Hiram Rhodes Revels arrived on Capitol Hill to take his seat as the first black member of the U.S. Congress in 1870. But first, the Mississippi Republican faced Democrats determined to block him.
The Constitution requires senators to hold citizenship for at least nine years, and they argued Revels had only recently become a citizen with the 1866 Civil Rights Act and the 14th Amendment. Before that, the Supreme Court had ruled in its 1857 Dred Scott decision that black people weren’t U.S. citizens.
This technicality wasn’t actually their main issue with Revels. At the time, the Democrats were the party of white southern men, and they simply didn’t want any black men in Congress.
In any case, their bad faith legal argument didn’t hold up. Revel’s fellow Republicans argued he was born a free man in the United States and had lived there all his life. Dred Scott was a bad decision that should’ve never been made, which the Civil Rights Act and 14th Amendment had sought to redress, they argued. Just because the law had only recently recognized black men’s citizenship didn’t mean he was a “new” citizen.

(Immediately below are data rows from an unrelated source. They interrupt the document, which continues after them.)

// Why a node isn't opened.
ghost use Rattle.std.specs.Prelude.{◌≡◌};
ghost use Rattle.tx_journal.specs.declared.error.JournalError.TheVariants as faults;
ghost use Rattle.placement_node.specs.declared.error.PlacementOpenError.TheVariants.{Journal};

use actor_names::OutOfMemory;
use thiserror::Error;
use tx_journal::JournalError;

/// Why a node isn't opened.
#[derive(Clone, Copy, Debug, Error)]
pub enum PlacementOpenError {
    /// The journal isn't opened; `Damaged` also at a payload that is no record of a placement, and `Full` also if there
    /// is no room for the record of the restart.
    #[error("{error}")]
    Journal { error: JournalError },
    /// The record at `index`, counted from 0, is the first bad one; its payload is at `offset` in the file.
    #[error("record {index} at {offset} is bad")]
    BadRecord { index: u64, offset: u64 },
}

impl From<OutOfMemory> for PlacementOpenError {
    ghost from_gives = { λ _ e. e ≡ Journal faults.OutOfMemory };

    fn from(_: OutOfMemory) -> PlacementOpenError {
        PlacementOpenError::Journal {
            error: JournalError::OutOfMemory,
        }
    }
}

impl From<JournalError> for PlacementOpenError {
    ghost from_gives = { λ error e. e ≡ Journal error };

    fn from(error: JournalError) -> PlacementOpenError {
        PlacementOpenError::Journal { error }
    }
}
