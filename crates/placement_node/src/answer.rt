// Replies of the placement as the node gives them, with the hosts that they need.
ghost use Rattle.std.specs.Prelude.{◌≡◌, ◌<◌, IfOk, Some, length, map};
ghost use Rattle.std.specs.List.{slice_get};
ghost use Rattle.placement_core.specs.Placement.{SpaceRoom};
ghost use Rattle.wire_fields.specs.Parts.{space_name};
ghost use Rattle.placement_node.specs.Ranges.{NumbersFit, ReplyFits, StateFits};
ghost use Rattle.placement_node.specs.Replies.{event_space, refused, reply_of, seen_room};

use crate::reply::{NodeReply, RoomSeen, SeenRooms};
use crate::round::round_at;
use actor_names::{OutOfMemory, Space, default_space};
use frame_wire::{Frame, Hosts, Refusal};
use place_table::HostInfo;
use placement_core::Placement;
use round_core::{PlaceEvent, PlaceReply};
use std::alloc::Global;

/// The space whose room an event is about.
pub(crate) fn event_space(event: &PlaceEvent) -> Space
    ensures { result ≡ event_space event.now }
{
    match event {
        PlaceEvent::Register { host } => host.member.space,
        PlaceEvent::Beat { member } => member.space,
        PlaceEvent::Ack {
            member,
            stage: _,
            version: _,
        } => member.space,
        PlaceEvent::Leave { member } => member.space,
        PlaceEvent::Lost { member } => member.space,
        PlaceEvent::Tick => default_space(),
        PlaceEvent::Look => default_space(),
    }
}

/// A refusal.
pub(crate) fn refused(refusal: Refusal) -> NodeReply
    ensures { result ≡ refused refusal }
{
    NodeReply::Message {
        frame: Frame::Refused { refusal },
    }
}

// Equal hosts.
fn copy_hosts(alloc: Global, hosts: &[HostInfo]) -> Result<Hosts, OutOfMemory>
    ensures { IfOk result (λ copy. copy ≡ hosts.now) }
{
    let mut items = Vec::with_capacity(alloc, hosts.len())?;
    for host in hosts.iter() {
        items.push(host.copy(alloc)?)?;
    }
    Ok(Hosts::from_vec(items))
}

// What is seen of the room at this index.
fn seen_at(alloc: Global, placement: &Placement, at: usize) -> Result<RoomSeen, OutOfMemory>
    requires { at < length placement.now.state.rooms }
    ensures { IfOk result (λ seen. (r : SpaceRoom) → slice_get placement.now.state.rooms at ≡ Some r → seen ≡ seen_room r) }
{
    let members = copy_hosts(alloc, placement.members_at(at))?;
    Ok(RoomSeen {
        space: placement.space_at(at),
        members,
        version: placement.last_version_at(at),
        round: round_at(alloc, placement, at)?,
    })
}

/// What is seen of all rooms.
pub(crate) fn seen_rooms(alloc: Global, placement: &Placement) -> Result<SeenRooms, OutOfMemory>
    ensures { IfOk result (λ rooms. rooms ≡ map seen_room placement.now.state.rooms) }
{
    let count = placement.rooms();
    let mut items = Vec::with_capacity(alloc, count)?;
    for at in 0..count {
        items.push(seen_at(alloc, placement, at)?)?;
    }
    Ok(SeenRooms::from_vec(items))
}

// The reply of the placement as the node gives it.
fn given(
    alloc: Global,
    placement: &Placement,
    space: &Space,
    reply: PlaceReply,
) -> Result<NodeReply, OutOfMemory>
    ensures { IfOk result (λ answer. answer ≡ reply_of placement.now.state space.now reply) }
{
    let frame = match reply {
        PlaceReply::Lock { version } => Frame::Lock { version },
        PlaceReply::Update { version } => {
            let hosts = copy_hosts(alloc, placement.table_hosts(space))?;
            Frame::Update { version, hosts }
        }
        PlaceReply::Unlock { version } => Frame::Unlock { version },
        PlaceReply::Idle => Frame::Idle,
        PlaceReply::Gone => Frame::Gone,
        PlaceReply::Ticked { dropped } => return Ok(NodeReply::Ticked { dropped }),
        PlaceReply::Looked => {
            let rooms = seen_rooms(alloc, placement)?;
            return Ok(NodeReply::Seen { rooms });
        }
        PlaceReply::StaleBoot { greatest } => {
            return Ok(refused(Refusal::StaleBoot { greatest }));
        }
        PlaceReply::NodeBusy { boot } => return Ok(refused(Refusal::NodeBusy { boot })),
        PlaceReply::NotMember { greatest } => {
            return Ok(refused(Refusal::NotMember { greatest }));
        }
        PlaceReply::SpacesFull { spaces } => {
            return Ok(refused(Refusal::SpacesFull { spaces }));
        }
        PlaceReply::Full { members, nodes: _ } => return Ok(refused(Refusal::Full { members })),
        PlaceReply::OutOfMemory => return Ok(refused(Refusal::OutOfMemory)),
    };
    Ok(NodeReply::Message { frame })
}

/// The reply of the placement as the node gives it, to an event that is about the room of this space.
pub(crate) fn reply_of(
    alloc: Global,
    placement: &Placement,
    space: &Space,
    reply: PlaceReply,
) -> Result<NodeReply, OutOfMemory>
    requires named { space_name.Fits space.now }
    requires kept { StateFits placement.now.state }
    requires numbers { NumbersFit reply }
    ensures is { IfOk result (λ answer. answer ≡ reply_of placement.now.state space.now reply) }
    ensures sent { IfOk result ReplyFits }
{
    let _hosts = placement.table_hosts(space);
    given(alloc, placement, space, reply)
}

“Mr. Revels, the colored Senator from Mississippi, was sworn in and admitted to his seat this afternoon,” reported The New York Times on February 25, 1870. “Mr. Revels showed no embarrassment whatever, and his demeanor was as dignified as could be expected under the circumstances. The abuse which had been poured upon him and on his race during the last two days might well have shaken the nerves of any one.”